> ACTIVITY: How many lines in the data below have the string "whose"? Reply with the number alone.

--------

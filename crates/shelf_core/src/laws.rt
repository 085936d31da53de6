//! Laws of the answers.
ghost use Rattle.std.specs.Prelude.{ℕ, Bool, List};
ghost use Rattle.command_run.specs.declared.status.Ending.TheVariants.{Done};
ghost use Rattle.command_files.specs.Run.{Decides};
ghost use Rattle.shelf_core.specs.Both.{HasOneMessageForBoth};
ghost use Rattle.shelf_core.specs.NoFault.{HasNoFault};
ghost use Rattle.shelf_core.specs.Outcome.{Comes, HasOneOutcome, IsAnswer};
ghost use Rattle.shelf_command.specs.declared.request.Action.{Action};

use shelf_job::{der_once, message_once};
use shelf_path::one_verdict;

/// A law: the inputs come to one outcome: one text, or one fault.
#[tactic(auto, using(crate::proofs::OneOutcome::one_outcome))]
pub fn one_outcome()
    ensures { (action : Action) (strict is_der has_revoked : Bool) (inputs : List (List ℕ)) → HasOneOutcome action strict is_der has_revoked inputs }
{
    message_once();
    der_once();
    one_verdict();
}

/// A law: where nothing in the inputs prevents what is asked, every answer to them ends with that done, unless memory
/// runs out.
pub fn no_fault_is_done()
    ensures { (action : Action) (strict is_der has_revoked : Bool) (inputs : List (List ℕ)) → HasNoFault action strict has_revoked inputs → Decides (IsAnswer (Comes action strict is_der has_revoked inputs)) Done }
{}

/// A law: with one order and the same files `seal` comes to what it comes to over the message that `tbs` wrote, whatever is handed
/// in as the signature.
#[tactic(auto, using(crate::proofs::Both::one_message_for_both))]
pub fn one_message_for_both()
    ensures { HasOneMessageForBoth }
{
    message_once();
}
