//! A certificate authority whose key is held elsewhere: what that key is to sign for an order, and what its signature makes.
#![tactic(auto)]

mod answer;
mod explaining;
mod laws;
mod linting;
mod program;
mod text;

pub use answer::answer_to;
pub use laws::{no_fault_is_done, one_message_for_both, one_outcome};
pub use program::Program;
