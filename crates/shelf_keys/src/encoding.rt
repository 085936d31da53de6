//! The DER of values.
ghost use Rattle.std.specs.Prelude.{◌≡◌};
ghost use Rattle.shelf_fault.specs.Faults.{Gets};
ghost use Rattle.shelf_keys.specs.Encoded.{encoded, encoding_fault};

use der_tree::{DerType, EncodeError, der};
use shelf_fault::Fault;
use std::alloc::Global;

/// The fault of a value that isn't encoded.
fn encoding_fault(error: EncodeError, fault: Fault) -> Fault
    ensures { result ≡ encoding_fault error fault }
{
    match error {
        EncodeError::OutOfMemory => Fault::OutOfMemory,
        _ => fault,
    }
}

/// The DER of a value, and the fault where it has none.
#[tactic(auto, using(crate::proofs::Octets::none_are))]
pub fn encoded<T: DerType>(alloc: Global, value: &T, fault: Fault) -> Result<Vec<u8>, Fault>
    ensures { Gets (λ v. v.items) (encoded T.codec fault value.now) result }
{
    match der::encode(alloc, value) {
        Ok(octets) => Ok(octets),
        Err(error) => Err(encoding_fault(error, fault)),
    }
}
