//! What is wrong with what files hold.
ghost use Rattle.std.specs.Prelude.{◌≡◌, [], IfOk, map};
ghost use Rattle.shelf_fault.specs.Faults.{Gets};
ghost use Rattle.shelf_core.specs.Outcome.{is_wrong, lint_blocks, lint_in, lint_outcome, lint_text, outcome};

use crate::answer::Text;
use asn1_core::OutOfMemory;
use lint_files::{Located, finding_lines, findings_in, findings_json, has_error};
use pem::Block;
use shelf_fault::Fault;
use shelf_input::blocks_of_files;
use std::alloc::Global;

/// Whether the answer is that something is wrong: an error, and where it is strict a warning too.
fn is_wrong(is_strict: bool, found: &[Located<'_>]) -> bool
    ensures { result ≡ is_wrong is_strict found.now }
{
    has_error(found) || (is_strict && !found.is_empty())
}

/// The findings: lines, or JSON.
fn lint_text(alloc: Global, is_json: bool, found: &[Located<'_>]) -> Result<Vec<u8>, OutOfMemory>
    ensures { IfOk result (λ text. text.items ≡ lint_text is_json found.now) }
{
    if is_json {
        findings_json(alloc, found)
    } else {
        finding_lines(alloc, found)
    }
}

/// The answer on what was found.
fn answered(
    alloc: Global,
    is_json: bool,
    is_strict: bool,
    found: &[Located<'_>],
) -> Result<Text, OutOfMemory>
    ensures { IfOk result (λ text. outcome text ≡ lint_outcome is_json is_strict found.now) }
{
    let text = lint_text(alloc, is_json, found)?;
    if is_wrong(is_strict, found) {
        Ok(Text::Refused(text))
    } else {
        Ok(Text::Done(text, Vec::new(alloc)))
    }
}

/// What is wrong with blocks, of which there has to be one.
fn lint_blocks(
    alloc: Global,
    is_json: bool,
    is_strict: bool,
    blocks: &[Block],
) -> Result<Text, Fault>
    ensures { Gets (λ text. outcome text) (lint_blocks is_json is_strict blocks.now) result }
{
    if blocks.is_empty() {
        return Err(Fault::NoBlock);
    }
    let found = findings_in(alloc, blocks)?;
    let text = answered(alloc, is_json, is_strict, &found)?;
    Ok(text)
}

/// What is wrong with what files hold.
#[tactic(auto, unfolding(crate::specs::Outcome::lint_in))]
pub(crate) fn linted(
    alloc: Global,
    is_json: bool,
    is_strict: bool,
    files: &[Vec<u8>],
) -> Result<Text, Fault>
    ensures { Gets (λ text. outcome text) (lint_in is_json is_strict (map (λ file. file.items) files.now)) result }
{
    let blocks = blocks_of_files(alloc, files)?;
    let text = lint_blocks(alloc, is_json, is_strict, &blocks)?;
    Ok(text)
}
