//! The program's commands.
ghost use Rattle.std.specs.Prelude.{◌≡◌, IfOk, map};
ghost use Rattle.shelf_command.specs.RequestViews.{RequestView};
ghost use Rattle.shelf_core.specs.Answers.{answers};

use crate::answer::answer_to;
use command_files::{FileCommand, InputName, Stop};
use command_run::Answer;
use shelf_command::{Request, request_in, stopped_text, usage_text};
use std::alloc::{AllocError, Global};
use std::marker::Model;

/// What a run is asked to do.
#[derive(Drop)]
pub struct Program {
    request: Request,
}

impl Model for Program {
    ghost use Rattle.shelf_command.specs.RequestViews.{RequestView};

    ghost Value = { RequestView };

    ghost view = { λ p. p.request };
}

impl FileCommand for Program {
    ghost use Rattle.shelf_command.specs.Requests.{requested};
    ghost use Rattle.shelf_core.specs.Answers.{answers};

    ghost command_of = { requested };

    ghost inputs_of = { λ r. r.inputs };

    ghost target_of = { λ r. r.out };

    ghost gives = { answers };

    fn of_words(alloc: Global, words: &[String]) -> Result<Option<Program>, AllocError> {
        match request_in(alloc, words)? {
            Some(request) => Ok(Some(Program { request })),
            None => Ok(None),
        }
    }

    fn inputs(&self) -> &[InputName] {
        self.request.inputs()
    }

    fn target(&self) -> Option<&str> {
        self.request.out()
    }

    fn answer_to(&self, alloc: Global, inputs: &[Vec<u8>]) -> Result<Answer, AllocError> {
        answer_to(alloc, &self.request, inputs)
    }

    fn usage(alloc: Global, words: &[String]) -> Result<Vec<u8>, AllocError> {
        usage_text(alloc, words)
    }

    fn stopped(&self, alloc: Global, stop: Stop) -> Result<Vec<u8>, AllocError> {
        stopped_text(alloc, &self.request, stop)
    }
}
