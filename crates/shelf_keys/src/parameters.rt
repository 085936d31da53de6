//! The parameters in a key's algorithm (RFC 5280, 4.1.1.2 and 4.1.2.7).
ghost use Rattle.std.specs.Prelude.{◌≡◌, IfOk};
ghost use Rattle.shelf_keys.specs.Parameters.{are_null, are_strict, is_ml_dsa, is_of_curves, is_of_edwards, is_rsa_encryption, name_curve, parameters_fit};

use asn1_core::{ObjectIdentifier, OutOfMemory};
use der_tree::{Any, der};
use pkix_cert::AlgorithmIdentifier;
use std::alloc::Global;
use strict_der::is_strict;

/// rsaEncryption (RFC 3279, 2.3.1).
const RSA_ENCRYPTION: &[u32] = &[1, 2, 840, 113549, 1, 1, 1];

/// id-ecPublicKey, id-ecDH and id-ecMQV (RFC 5480, 2.1.1 and 2.1.2).
const EC_PUBLIC_KEY: &[u32] = &[1, 2, 840, 10045, 2, 1];

const EC_DH: &[u32] = &[1, 3, 132, 1, 12];

const EC_MQV: &[u32] = &[1, 3, 132, 1, 13];

/// id-X25519, id-X448, id-Ed25519 and id-Ed448 (RFC 8410, 3).
const X25519: &[u32] = &[1, 3, 101, 110];

const X448: &[u32] = &[1, 3, 101, 111];

const ED25519: &[u32] = &[1, 3, 101, 112];

const ED448: &[u32] = &[1, 3, 101, 113];

/// id-ml-dsa-44, id-ml-dsa-65 and id-ml-dsa-87 (RFC 9881, 2).
const ML_DSA_44: &[u32] = &[2, 16, 840, 1, 101, 3, 4, 3, 17];

const ML_DSA_65: &[u32] = &[2, 16, 840, 1, 101, 3, 4, 3, 18];

const ML_DSA_87: &[u32] = &[2, 16, 840, 1, 101, 3, 4, 3, 19];

/// NULL in DER.
const NULL: &[u8] = &[5, 0];

fn is_rsa_encryption(id: &ObjectIdentifier) -> bool
    ensures { result ≡ is_rsa_encryption id.now }
{
    id.arcs() == RSA_ENCRYPTION
}

fn is_of_curves(id: &ObjectIdentifier) -> bool
    ensures { result ≡ is_of_curves id.now }
{
    let arcs = id.arcs();
    arcs == EC_PUBLIC_KEY || arcs == EC_DH || arcs == EC_MQV
}

fn is_of_edwards(id: &ObjectIdentifier) -> bool
    ensures { result ≡ is_of_edwards id.now }
{
    let arcs = id.arcs();
    arcs == X25519 || arcs == X448 || arcs == ED25519 || arcs == ED448
}

fn is_ml_dsa(id: &ObjectIdentifier) -> bool
    ensures { result ≡ is_ml_dsa id.now }
{
    let arcs = id.arcs();
    arcs == ML_DSA_44 || arcs == ML_DSA_65 || arcs == ML_DSA_87
}

fn are_null(parameters: &Option<Any>) -> bool
    ensures { result ≡ are_null parameters.now }
{
    match parameters {
        Some(octets) => octets.as_bytes() == NULL,
        None => false,
    }
}

/// Whether they name a curve (RFC 5480, 2.1.1).
fn name_curve(alloc: Global, parameters: &Option<Any>) -> Result<bool, OutOfMemory>
    ensures { IfOk result (λ b. b ≡ name_curve parameters.now) }
{
    match parameters {
        Some(octets) => Ok(der::value_of::<ObjectIdentifier>(alloc, octets.as_bytes())?.is_some()),
        None => Ok(false),
    }
}

/// Whether there are none, or they are strict DER.
fn are_strict(parameters: &Option<Any>) -> bool
    ensures { result ≡ are_strict parameters.now }
{
    match parameters {
        Some(octets) => is_strict(octets.as_bytes()),
        None => true,
    }
}

/// Whether the parameters are those that the algorithm's own standard asks for; of others strict DER.
#[tactic(auto, unfolding(crate::specs::Parameters::parameters_fit))]
pub(crate) fn parameters_fit(
    alloc: Global,
    algorithm: &AlgorithmIdentifier,
) -> Result<bool, OutOfMemory>
    ensures { IfOk result (λ b. b ≡ parameters_fit algorithm.now) }
{
    let id = &algorithm.algorithm;
    if is_rsa_encryption(id) {
        return Ok(are_null(&algorithm.parameters));
    }
    if is_of_curves(id) {
        return name_curve(alloc, &algorithm.parameters);
    }
    if is_of_edwards(id) || is_ml_dsa(id) {
        return Ok(algorithm.parameters.is_none());
    }
    Ok(are_strict(&algorithm.parameters))
}
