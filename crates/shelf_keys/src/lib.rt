//! Public keys of orders with the algorithms of their signatures, and signatures that were handed in.
#![tactic(auto)]

mod encoding;
mod key;
mod parameters;
mod verification;

pub use encoding::encoded;
pub use key::{ANY, key_of_info, public_key};
pub use verification::checked;
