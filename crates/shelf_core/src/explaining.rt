//! What files hold.
ghost use Rattle.std.specs.Prelude.{◌≡◌, ◌++◌, false, IfOk, OnOk, map};
ghost use Rattle.std.specs.List.{flat_map};
ghost use Rattle.std.specs.Option.{option_map};
ghost use Rattle.shelf_fault.specs.Faults.{Gets};
ghost use Rattle.shelf_core.specs.Explaining.{apart, block_text, der_explained, der_text, explained, explained_in, explained_json, texts_in};

use asn1_core::OutOfMemory;
use explain_json::json_of;
use pem::Block;
use shelf_explain::{explanation, explanation_of_der, long_explanation, long_explanation_of_der};
use shelf_fault::Fault;
use shelf_input::blocks_of_files;
use std::alloc::Global;

/// What octets without a label hold, in lines of any length where that is asked for.
#[tactic(auto, unfolding(crate::specs::Explaining::der_text))]
fn der_text(alloc: Global, is_long: bool, octets: &[u8]) -> Result<Option<Vec<u8>>, OutOfMemory>
    ensures { IfOk result (λ found. option_map (λ text. text.items) found ≡ der_text is_long octets.now) }
{
    if is_long {
        long_explanation_of_der(alloc, octets)
    } else {
        explanation_of_der(alloc, octets)
    }
}

/// What octets hold that have the label `DER`.
#[tactic(auto, unfolding(crate::specs::Explaining::der_explained))]
fn der_explained(
    alloc: Global,
    is_long: bool,
    label: &[u8],
    octets: &[u8],
) -> Result<Option<Vec<u8>>, OutOfMemory>
    ensures { IfOk result (λ found. option_map (λ text. text.items) found ≡ der_explained is_long label.now octets.now) }
{
    if label == b"DER".as_slice() {
        return der_text(alloc, is_long, octets);
    }
    Ok(None)
}

/// What octets with a label hold, in lines of any length where that is asked for.
#[tactic(auto, unfolding(crate::specs::Explaining::block_text))]
fn block_text(
    alloc: Global,
    is_long: bool,
    label: &[u8],
    octets: &[u8],
) -> Result<Vec<u8>, OutOfMemory>
    ensures { IfOk result (λ text. text.items ≡ block_text is_long label.now octets.now) }
{
    if is_long {
        long_explanation(alloc, label, octets)
    } else {
        explanation(alloc, label, octets)
    }
}

/// What a block holds: octets without a label of their own show what they are.
#[tactic(auto, unfolding(crate::specs::Explaining::explained))]
fn block_explained(alloc: Global, is_long: bool, block: &Block) -> Result<Vec<u8>, OutOfMemory>
    ensures { IfOk result (λ text. text.items ≡ explained is_long block.now) }
{
    if let Some(text) = der_explained(alloc, is_long, block.label(), block.octets())? {
        return Ok(text);
    }
    block_text(alloc, is_long, block.label(), block.octets())
}

/// Pushes what the blocks hold, each after an empty line.
fn push_each(
    alloc: Global,
    is_long: bool,
    text: &mut Vec<u8>,
    blocks: &[Block],
) -> Result<(), OutOfMemory>
    ensures { OnOk result (text.new.items ≡ text.old.items ++ flat_map (apart is_long) blocks.now) }
{
    for block in blocks {
        let next = block_explained(alloc, is_long, block)?;
        text.push(b'\n')?;
        text.extend_from_slice(&next)?;
    }
    Ok(())
}

/// What files hold, an empty line between two blocks.
#[tactic(auto, unfolding(crate::specs::Explaining::texts_in))]
fn texts_in(alloc: Global, is_long: bool, files: &[Vec<u8>]) -> Result<Vec<u8>, Fault>
    ensures { Gets (λ text. text.items) (texts_in is_long (map (λ file. file.items) files.now)) result }
{
    let blocks = blocks_of_files(alloc, files)?;
    let [first, rest @ ..] = blocks.as_slice() else {
        return Err(Fault::NoBlock);
    };
    let mut text = block_explained(alloc, is_long, first)?;
    push_each(alloc, is_long, &mut text, rest)?;
    Ok(text)
}

/// What files hold, for people.
#[tactic(auto, unfolding(crate::specs::Explaining::explained_in))]
pub(crate) fn explained(alloc: Global, files: &[Vec<u8>]) -> Result<Vec<u8>, Fault>
    ensures { Gets (λ text. text.items) (explained_in (map (λ file. file.items) files.now)) result }
{
    texts_in(alloc, false, files)
}

/// The same as JSON.
#[tactic(auto, unfolding(crate::specs::Explaining::explained_json))]
pub(crate) fn explained_json(alloc: Global, files: &[Vec<u8>]) -> Result<Vec<u8>, Fault>
    ensures { Gets (λ text. text.items) (explained_json (map (λ file. file.items) files.now)) result }
{
    let text = texts_in(alloc, true, files)?;
    let json = json_of(alloc, text.as_slice())?;
    Ok(json)
}
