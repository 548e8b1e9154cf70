//! All pictures of a stream, decoded one after the other.

ghost use Rattle.std.specs.Prelude.{◌≡◌, ◌+◌, ◌≤◌, [], IfOk, IsErrOf, OnOk, false, true};
ghost use Rattle.picture_store.specs.Jobs.{most_jobs};
ghost use Rattle.picture_store.specs.declared.answers.TakeRefused.TheVariants.{JobsSpent};
ghost use Rattle.draw_run.specs.Loading.{KeepsRest};
ghost use Rattle.draw_run.specs.Marks.{HoldsAll};

use stand_in_device::{Device, Finished, Undone};
use stand_in_session::{Job, Session, TakeRefused};
use std::alloc::{AllocError, Global};

/// Takes jobs and lands their results, one after the other, until no picture is due; or why none is
/// given though one is, or that there was no memory to decode one.
pub(crate) fn settle(alloc: Global, session: &mut Session) -> Result<(), TakeRefused>
    requires { session.old.jobs_out ≡ [] }
    ensures held { OnOk result (HoldsAll session.new) }
    ensures keeps { OnOk result (KeepsRest session.old session.new) }
    ensures spent { IsErrOf result JobsSpent → most_jobs ≤ session.new.jobs }
{
    let mut device = Device::new(alloc);
    for _ in 0..u64::MAX {
        if !land_next(alloc, session, &mut device)? {
            return Ok(());
        }
    }
    // As many jobs were given as there are numbers.
    Err(TakeRefused::JobsSpent)
}

/// Takes the job of the picture that is due, if one is, and lands its result. Whether one was due.
fn land_next(alloc: Global, session: &mut Session, device: &mut Device) -> Result<bool, TakeRefused>
    requires { session.old.jobs_out ≡ [] }
    ensures keeps { OnOk result (KeepsRest session.old session.new) }
    ensures held { IfOk result (λ was_due. was_due ≡ false → HoldsAll session.new) }
    ensures given { IfOk result (λ was_due. was_due ≡ true
        → session.new.jobs ≡ session.old.jobs + 1) }
    ensures spent { IsErrOf result JobsSpent → session.new.jobs ≡ most_jobs }
{
    match session.take() {
        Ok(Some(job)) => {
            let finished = decode(alloc, device, job)?;
            let _ = session.land(finished);
            Ok(true)
        }
        Ok(None) => Ok(false),
        Err(refused) => Err(refused),
    }
}

/// Decodes a job.
fn decode(alloc: Global, device: &mut Device, job: Job) -> Result<Finished, AllocError>
    ensures { IfOk result (λ finished. finished ≡ job) }
{
    match device.decode(alloc, job) {
        Ok(finished) => Ok(finished),
        Err(undone) => Err(cause_of(undone)),
    }
}

/// Why a job is undone; the job is spent.
fn cause_of(undone: Undone) -> AllocError {
    let Undone { job, cause } = undone;
    let (_, input) = job.into_parts();
    drop(input);
    cause
}
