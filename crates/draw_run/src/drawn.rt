//! Units as they are drawn, each with what is said of it.

ghost use Rattle.std.specs.Prelude.{◌≡◌, ◌≤◌, IfOk, length, None};
ghost use Rattle.draw_run.specs.Chosen.{position_in};
ghost use Rattle.draw_run.specs.Doubts.{doubt_in};
ghost use Rattle.draw_run.specs.Shown.{AreShown, IsShownBy};

use crate::doubt_line::{add_doubt, doubt_in};
use crate::drawn_fold::KeptUnit;
use crate::unit_drawing::drawn_unit;
use h264_types::pictures::AuId;
use std::alloc::{AllocError, Global};
use stream_svg::{Caption, DrawnUnit, EditMark};
use unit_outcomes::Outcome;
use unit_outcomes::doubts::Doubt;
use unit_printing::lines::UnitLines;

/// Units that are drawn, each with what is said of it.
#[derive(Drop)]
pub(crate) struct ShownUnits {
    pub(crate) units: Vec<DrawnUnit>,
    pub(crate) captions: Vec<Caption>,
}

/// What is drawn of units, of which these are all positions of their stream, and all that is told of
/// doubt there.
pub(crate) fn kept_units(
    alloc: Global,
    kept: &[KeptUnit],
    positions: &[Option<usize>],
    doubts: &[Doubt],
) -> Result<ShownUnits, AllocError>
    ensures { IfOk result (λ shown. AreShown positions.now doubts.now kept.now
        shown.units.items shown.captions.items) }
{
    let mut shown = ShownUnits {
        units: Vec::new(alloc),
        captions: Vec::new(alloc),
    };
    for one in kept {
        let position = position_of(positions, one.id);
        let doubt = doubt_in(doubts, one.id);
        let (unit, caption) = shown_by(alloc, one.id, &one.outcome, position, &doubt, None)?;
        shown.units.push(unit)?;
        shown.captions.push(caption)?;
    }
    Ok(shown)
}

/// What is drawn of a unit, and what is said of it.
pub(crate) fn shown_by(
    alloc: Global,
    id: AuId,
    outcome: &Outcome,
    position: Option<usize>,
    doubt: &Doubt,
    mark: Option<EditMark>,
) -> Result<(DrawnUnit, Caption), AllocError>
    ensures { IfOk result (λ shown.
        IsShownBy id outcome.now position doubt.now mark shown.0 shown.1) }
{
    let lines = UnitLines {
        id,
        outcome,
        position,
    };
    let mut lines = lines.to_string(alloc)?;
    add_doubt(&mut lines, doubt)?;
    let unit = drawn_unit(alloc, id, outcome, position, doubt.in_doubt, mark)?;
    Ok((unit, Caption { lines }))
}

/// The position of the unit with an id, in a stream whose ids are 1, 2, 3 and so on.
fn position_of(positions: &[Option<usize>], id: AuId) -> Option<usize>
    ensures { result ≡ position_in positions.now id }
{
    let place = id.number().checked_sub(1)?;
    match positions.get(place as usize) {
        Some(position) => *position,
        None => None,
    }
}
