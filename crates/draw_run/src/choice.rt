//! Which units are drawn, of a stream and after edits.

ghost use Rattle.std.specs.Prelude.{◌≤◌};

/// Which units are drawn: so many from an id on.
#[derive(Clone, Copy, Debug)]
pub struct Choice {
    /// The id of the first one; none is drawn where no unit has it.
    pub from: u32,
    /// How many at most.
    pub units: usize,
    pub ghost few: { units ≤ 1000 },
}

/// Which units are drawn after edits: so many from an id on, or from the first unit on.
#[derive(Clone, Copy, Debug)]
pub struct EditedChoice {
    /// The id of the first one, if one is named; none is drawn where no unit has it.
    pub from: Option<u32>,
    /// How many at most.
    pub units: usize,
    pub ghost few: { units ≤ 1000 },
}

--------

> SOLUTION TO THIS TASK: 2